Models the number of events in a fixed time period when events occur independently at a constant average rate. Think: website visits per hour, defects per batch, calls per day.

Python
# Poisson: average rate (lambda) of events
lam = 5  # Average 5 support tickets per hour
dist = stats.poisson(mu=lam)

# Probability of exactly 8 tickets in an hour
print(f"P(X = 8) = {dist.pmf(8):.4f}")

# Probability of 10 or more tickets
print(f"P(X >= 10) = {1 - dist.cdf(9):.4f}")

Other Important Distributions

Distribution Use Case Parameters
Uniform All outcomes equally likely (random number generation) a (min), b (max)
Exponential Time between events (wait times, lifespans) λ (rate)
t-distribution Small sample sizes, heavier tails than normal df (degrees of freedom)
Chi-square Goodness-of-fit tests, categorical data analysis df (degrees of freedom)

The Central Limit Theorem

The Central Limit Theorem (CLT) is arguably the most important theorem in statistics. It states:

Central Limit Theorem: Regardless of the original population distribution, the distribution of sample means approaches a normal distribution as the sample size increases (typically n ≥ 30). The mean of sample means equals the population mean, and the standard error equals σ/√n.
Python
import numpy as np
import matplotlib.pyplot as plt

# Demonstrate CLT with a skewed distribution
np.random.seed(42)

# Original population: exponential (very skewed)
population = np.random.exponential(scale=2, size=100000)

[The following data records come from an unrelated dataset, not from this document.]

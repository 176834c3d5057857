//! A text that changes.

ghost use Rattle.std.specs.Prelude.{◌≡◌, ◌≤◌, ◌<◌, length, IfOk, IfErr};
ghost use Rattle.rb_lsp.specs.declared.document.limits.TheConstants.{MAX_TEXT};
ghost use Rattle.rb_lsp.specs.declared.document.document.TextFault.{TextFault};
ghost use Rattle.rb_lsp.specs.Changes.{changed, spliced};

use crate::document::limits::MAX_TEXT;
use crate::document::position::{Encoding, Range, offsets};
use std::alloc::{AllocError, Global};
use std::marker::Model;

/// Why a text is refused.
#[derive(Clone, Copy, Debug, PartialEq, Eq)]
pub enum TextFault {
    /// It would have more than [`MAX_TEXT`] bytes.
    TooLong,
    /// Memory was refused.
    OutOfMemory,
}

impl From<AllocError> for TextFault {
    ghost use Rattle.std.specs.Prelude.{◌≡◌};
    ghost use Rattle.rb_lsp.specs.declared.document.document.TextFault.TheVariants.{OutOfMemory};

    ghost from_gives = { λ _ e. e ≡ OutOfMemory };

    fn from(_e: AllocError) -> TextFault {
        TextFault::OutOfMemory
    }
}

/// The text of a document, as its bytes: at most [`MAX_TEXT`].
#[derive(Drop)]
pub struct Document {
    alloc: Global,
    text: Vec<u8>,
}

impl Model for Document {
    ghost use Rattle.std.specs.Prelude.{List, ℕ, ◌≤◌, length};
    ghost use Rattle.rb_lsp.specs.declared.document.limits.TheConstants.{MAX_TEXT};

    ghost Value = { List ℕ };

    ghost view = { λ d. d.text.items };

    ghost invariant = { λ d. length d.text.items ≤ MAX_TEXT };
}

impl Document {
    ghost use Rattle.std.specs.Prelude.{◌≡◌, ◌≤◌, ◌<◌, length, IfOk, IfErr, OnOk, OnErr};
    ghost use Rattle.rb_lsp.specs.declared.document.limits.TheConstants.{MAX_TEXT};
    ghost use Rattle.rb_lsp.specs.declared.document.document.TextFault.{TextFault};
    ghost use Rattle.rb_lsp.specs.Changes.{changed_by};

    /// A document with this text.
    ///
    /// # Errors
    ///
    /// `TooLong` exactly if the text has more than [`MAX_TEXT`] bytes.
    pub fn new(alloc: Global, text: &[u8]) -> Result<Document, TextFault>
        ensures ok { IfOk result (λ document. document ≡ text.now) }
        ensures short { IfOk result (λ document. length document ≤ MAX_TEXT) }
        ensures long { IfErr result (λ fault. fault ≡ TextFault.TooLong → MAX_TEXT < length text.now) }
    {
        if text.len() > MAX_TEXT {
            return Err(TextFault::TooLong);
        }
        let text = Vec::from_slice(alloc, text)?;
        Ok(Document { alloc, text })
    }

    /// Its bytes.
    pub fn text(&self) -> &[u8]
        ensures value { result.now ≡ self.now }
        ensures bounded { length result.now ≤ MAX_TEXT }
    {
        self.text.as_slice()
    }

    /// Replaces the text of a range, or the whole text if no range is given.
    ///
    /// # Errors
    ///
    /// `TooLong` exactly if the text would have more than [`MAX_TEXT`] bytes. An `Err` changes nothing.
    pub fn change(
        &mut self,
        encoding: Encoding,
        range: Option<Range>,
        new: &[u8],
    ) -> Result<(), TextFault>
        ensures ok { OnOk result (self.new ≡ changed_by encoding range new.now self.old) }
        ensures short { OnOk result (length self.new ≤ MAX_TEXT) }
        ensures err { OnErr result (self.new ≡ self.old) }
        ensures long { IfErr result (λ fault. fault ≡ TextFault.TooLong → MAX_TEXT < length (changed_by encoding range new.now self.old)) }
    {
        let text = match range {
            Some(range) => changed(self.alloc, encoding, range, new, self.text.as_slice())?,
            None => spliced(self.alloc, 0, 0, new, &[])?,
        };
        self.text = text;
        Ok(())
    }
}

// The text after the text of a range is replaced.
fn changed(
    alloc: Global,
    encoding: Encoding,
    range: Range,
    new: &[u8],
    text: &[u8],
) -> Result<Vec<u8>, TextFault>
    ensures ok { IfOk result (λ made. (made.items ≡ changed encoding range new.now text.now) × (length made.items ≤ MAX_TEXT)) }
    ensures long { IfErr result (λ fault. fault ≡ TextFault.TooLong → MAX_TEXT < length (changed encoding range new.now text.now)) }
{
    let (from, to) = offsets(encoding, range, text);
    spliced(alloc, from, from.max(to), new, text)
}

// The text after the bytes between two offsets are replaced.
fn spliced(
    alloc: Global,
    from: usize,
    to: usize,
    new: &[u8],
    text: &[u8],
) -> Result<Vec<u8>, TextFault>
    requires { (from ≤ length text.now) × (to ≤ length text.now) }
    ensures ok { IfOk result (λ made. (made.items ≡ spliced from to new.now text.now) × (length made.items ≤ MAX_TEXT)) }
    ensures long { IfErr result (λ fault. fault ≡ TextFault.TooLong → MAX_TEXT < length (spliced from to new.now text.now)) }
{
    let kept = from + (text.len() - to);
    if kept > MAX_TEXT || new.len() > MAX_TEXT - kept {
        return Err(TextFault::TooLong);
    }
    let mut made = Vec::with_capacity(alloc, kept + new.len())?;
    made.extend_from_slice(&text[..from])?;
    made.extend_from_slice(new)?;
    made.extend_from_slice(&text[to..])?;
    Ok(made)
}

# Take 1000 samples of size 30 and compute means
sample_means = [np.random.choice(population, size=30).mean()
                for _ in range(1000)]

# Plot: sample means are approximately normal!
fig, axes = plt.subplots(1, 2, figsize=(12, 4))
axes[0].hist(population, bins=50, density=True)
axes[0].set_title('Original Population (Skewed)')
axes[1].hist(sample_means, bins=50, density=True)
axes[1].set_title('Distribution of Sample Means (Normal!)')
plt.tight_layout()
plt.show()

The CLT is why so many statistical methods work: hypothesis tests, confidence intervals, and regression all rely on the assumption that sample means are normally distributed, and the CLT guarantees this for large enough samples.